> Recorded data
//! The files that a process takes by name, found in its own list and in those of the seals that it takes.
ghost use Rattle.std.specs.Prelude.{◌≡◌, ◌++◌, ◌∷◌, [], IfOk, OnOk, slice_get};
ghost use Rattle.std.specs.Option.{option_copied};
ghost use Rattle.bx_tree.specs.Trees.{file_at as found_at};
ghost use Rattle.pip_view_inputs.specs.Contents.{input_bytes};
ghost use Rattle.pip_view_directories.specs.Near.{AreTaken};
ghost use Rattle.pip_model_types.specs.Inputs.{RiseByPath};
ghost use Rattle.pip_model_types.specs.Kinds.{listed_in};
ghost use Rattle.pip_view.specs.Taken.{any_below, dir_files, dirs_files, executable, first_at};
ghost use Rattle.pip_view.specs.Taken.{taken_bytes, taken_files, taken_names};
ghost use Rattle.bx_tree.specs.Lent.{texts_now};

use crate::below::{add_below, has_below};
use bx_digest::Blob;
use bx_tree::{FileInput, Memory, Path, next_atom};
use bx_tree_paths::place_of;
use pip_model::{DirInput, Pip, Plan, ProcessDesc, SealForm, Sources};
use pip_model_types::{no_inputs, pip_at};
use pip_view_directories::{near_dirs, searched};
use pip_view_inputs::{Inputs, input_file, source_blob};
use std::alloc::Global;

// The files that a pip lists, in order.
fn listed_files(pips: &[Pip], pip: u32) -> &[FileInput]
    ensures files { result.now ≡ listed_in (slice_get pips.entry.now pip) }
    ensures rising { RiseByPath result.now }
{
    match pip_at(pips, pip) {
        Some(pip) => pip.kind.listed(),
        None => no_inputs(),
    }
}

// The files that a directory lists, in order.
fn files_of<'a>(pips: &'a [Pip], dir: &DirInput) -> &'a [FileInput]
    ensures files { result.now ≡ dir_files pips.entry.now dir.now }
    ensures rising { RiseByPath result.now }
{
    match dir {
        DirInput::Sealed(pip, SealForm::Full | SealForm::Partial, _) => listed_files(pips, *pip),
        DirInput::Sealed(_, SealForm::SourceTop | SealForm::SourceAll, _)
        | DirInput::Opaque(_, _) => no_inputs(),
    }
}

// The file at a path.
fn file_at<'a>(files: &'a [FileInput], path: &Path) -> Option<&'a FileInput>
    requires { RiseByPath files.now }
    ensures { option_copied result ≡ first_at path.now files.entry.now }
{
    match place_of(files, path) {
        Some(place) => Some(&files[place]),
        None => None,
    }
}

// The first file at a path that one of the directories lists.
fn find_listed<'a>(pips: &'a [Pip], dirs: &[DirInput], path: &Path) -> Option<&'a FileInput>
    ensures { option_copied result ≡ first_at path.now (dirs_files pips.entry.now dirs.now) }
{
    'dirs: for dir in dirs {
        let files = files_of(pips, dir);
        if let Some(file) = file_at(files, path) {
            return Some(file);
        }
    }
    None
}

// The first file at a path that a process declares or that one of these directories lists.
fn find_declared<'a>(
    pips: &'a [Pip],
    process: &'a ProcessDesc,
    dirs: &[DirInput],
    path: &Path,
) -> Option<&'a FileInput>
    ensures { option_copied result ≡ first_at path.now
        (process.entry.now.files ++ dirs_files pips.entry.now dirs.now) }
{
    let files = process.files.files();
    match file_at(files, path) {
        Some(file) => Some(file),
        None => find_listed(pips, dirs, path),
    }
}

// The bytes of a file that a process takes.
fn blob_of(
    alloc: Global,
    sources: &Sources,
    inputs: &Inputs,
    file: &FileInput,
) -> Result<Blob, Memory>
    ensures { IfOk result (λ blob. blob ≡ input_bytes sources.now inputs.now file.now) }
{
    Ok(input_file(alloc, sources, inputs, file)?.blob)
}

// The bytes of the first file at a path that a process declares or that one of these directories lists.
fn declared_blob(
    alloc: Global,
    pips: &[Pip],
    sources: &Sources,
    inputs: &Inputs,
    process: &ProcessDesc,
    dirs: &[DirInput],
    path: &Path,
) -> Result<Option<Blob>, Memory>
    ensures { IfOk result (λ found. found ≡ found_at (taken_bytes sources.now inputs.now
        (process.now.files ++ dirs_files pips.now dirs.now)) path.now) }
{
    match find_declared(pips, process, dirs, path) {
        Some(file) => {
            let blob = blob_of(alloc, sources, inputs, file)?;
            Ok(Some(blob))
        }
        None => Ok(None),
    }
}

// The bytes of the first file at a path, of the executable, the declared files and those that seals list.
pub(crate) fn taken_blob(
    alloc: Global,
    plan: &Plan,
    sources: &Sources,
    inputs: &Inputs,
    process: &ProcessDesc,
    path: &Path,
) -> Result<Option<Blob>, Memory>
    requires { AreTaken plan.now.pips process.now.dirs }
    ensures { IfOk result (λ found. found ≡ found_at
        (taken_bytes sources.now inputs.now (taken_files plan.now.pips process.now)) path.now) }
{
    if process.exe == *path {
        let blob = source_blob(alloc, sources, path)?;
        return Ok(Some(blob));
    }
    let near = near_dirs(alloc, plan, &process.dirs, path)?;
    let dirs = searched(&near, process.dirs.dirs());
    declared_blob(alloc, plan.pips(), sources, inputs, process, dirs, path)
}

// Whether a file that one of the directories lists lies below a directory.
fn has_listed(pips: &[Pip], dirs: &[DirInput], dir: &Path) -> bool
    ensures { result ≡ any_below dir.now (dirs_files pips.now dirs.now) }
{
    'dirs: for listing in dirs {
        let files = files_of(pips, listing);
        if has_below(files, dir) {
            return true;
        }
    }
    false
}

// Whether one of the executable, the declared files and those that these directories list is below a directory.
fn has_among(pips: &[Pip], process: &ProcessDesc, dirs: &[DirInput], dir: &Path) -> bool
    ensures { result ≡ any_below dir.now
        (executable process.now ∷ process.now.files ++ dirs_files pips.now dirs.now) }
{
    let files = process.files.files();
    process.exe.is_below(dir) || has_below(files, dir) || has_listed(pips, dirs, dir)
}

// Whether a file that a process takes lies below a directory.
pub(crate) fn has_taken(
    alloc: Global,
    plan: &Plan,
    process: &ProcessDesc,
    dir: &Path,
) -> Result<bool, Memory>
    requires { AreTaken plan.now.pips process.now.dirs }
    ensures { IfOk result (λ yes. yes ≡ any_below dir.now (taken_files plan.now.pips process.now)) }
{
    let near = near_dirs(alloc, plan, &process.dirs, dir)?;
    let dirs = searched(&near, process.dirs.dirs());
    Ok(has_among(plan.pips(), process, dirs, dir))
}

// Adds the names of the files below a directory that the directories list.
fn add_listed<'a>(
    names: &mut Vec<&'a [u8]>,
    pips: &'a [Pip],
    dirs: &[DirInput],
    dir: &Path,
) -> Result<(), Memory>
    ensures { OnOk result (texts_now names.new.items
        ≡ texts_now names.old.items ++ taken_names dir.now (dirs_files pips.entry.now dirs.now)) }
{
    'dirs: for listing in dirs {
        add_below(names, files_of(pips, listing), dir)?;
    }
    Ok(())
}

// Adds the name of the executable, if it lies below a directory.
fn add_executable<'a>(
    names: &mut Vec<&'a [u8]>,
    process: &'a ProcessDesc,
    dir: &Path,
) -> Result<(), Memory>
    ensures { OnOk result (texts_now names.new.items
        ≡ texts_now names.old.items ++ taken_names dir.now (executable process.entry.now ∷ [])) }
{
    if let Some(name) = next_atom(dir, &process.exe) {
        names.push(name)?;
    }
    Ok(())
}

// Adds the names below a directory of the executable, the declared files and those that these directories list.
fn add_among<'a>(
    names: &mut Vec<&'a [u8]>,
    pips: &'a [Pip],
    process: &'a ProcessDesc,
    dirs: &[DirInput],
    dir: &Path,
) -> Result<(), Memory>
    ensures { OnOk result (texts_now names.new.items ≡ texts_now names.old.items ++ taken_names dir.now
        (executable process.entry.now ∷ process.entry.now.files ++ dirs_files pips.entry.now dirs.now)) }
{
    add_executable(names, process, dir)?;
    add_below(names, process.files.files(), dir)?;
    add_listed(names, pips, dirs, dir)
}

/// Adds the names of the files below a directory that a process takes.
pub(crate) fn add_taken<'a>(
    alloc: Global,
    names: &mut Vec<&'a [u8]>,
    plan: &'a Plan,
    process: &'a ProcessDesc,
    dir: &Path,
) -> Result<(), Memory>
    requires { AreTaken plan.now.pips process.now.dirs }
    ensures { OnOk result (texts_now names.new.items ≡ texts_now names.old.items
        ++ taken_names dir.now (taken_files plan.entry.now.pips process.entry.now)) }
{
    let near = near_dirs(alloc, plan, &process.dirs, dir)?;
    let dirs = searched(&near, process.dirs.dirs());
    add_among(names, plan.pips(), process, dirs, dir)
}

> Work to complete
Copy out all lines from the material above that contain the string "RiseByPath".

> Output below
ghost use Rattle.pip_model_types.specs.Inputs.{RiseByPath};
    ensures rising { RiseByPath result.now }
    ensures rising { RiseByPath result.now }
    requires { RiseByPath files.now }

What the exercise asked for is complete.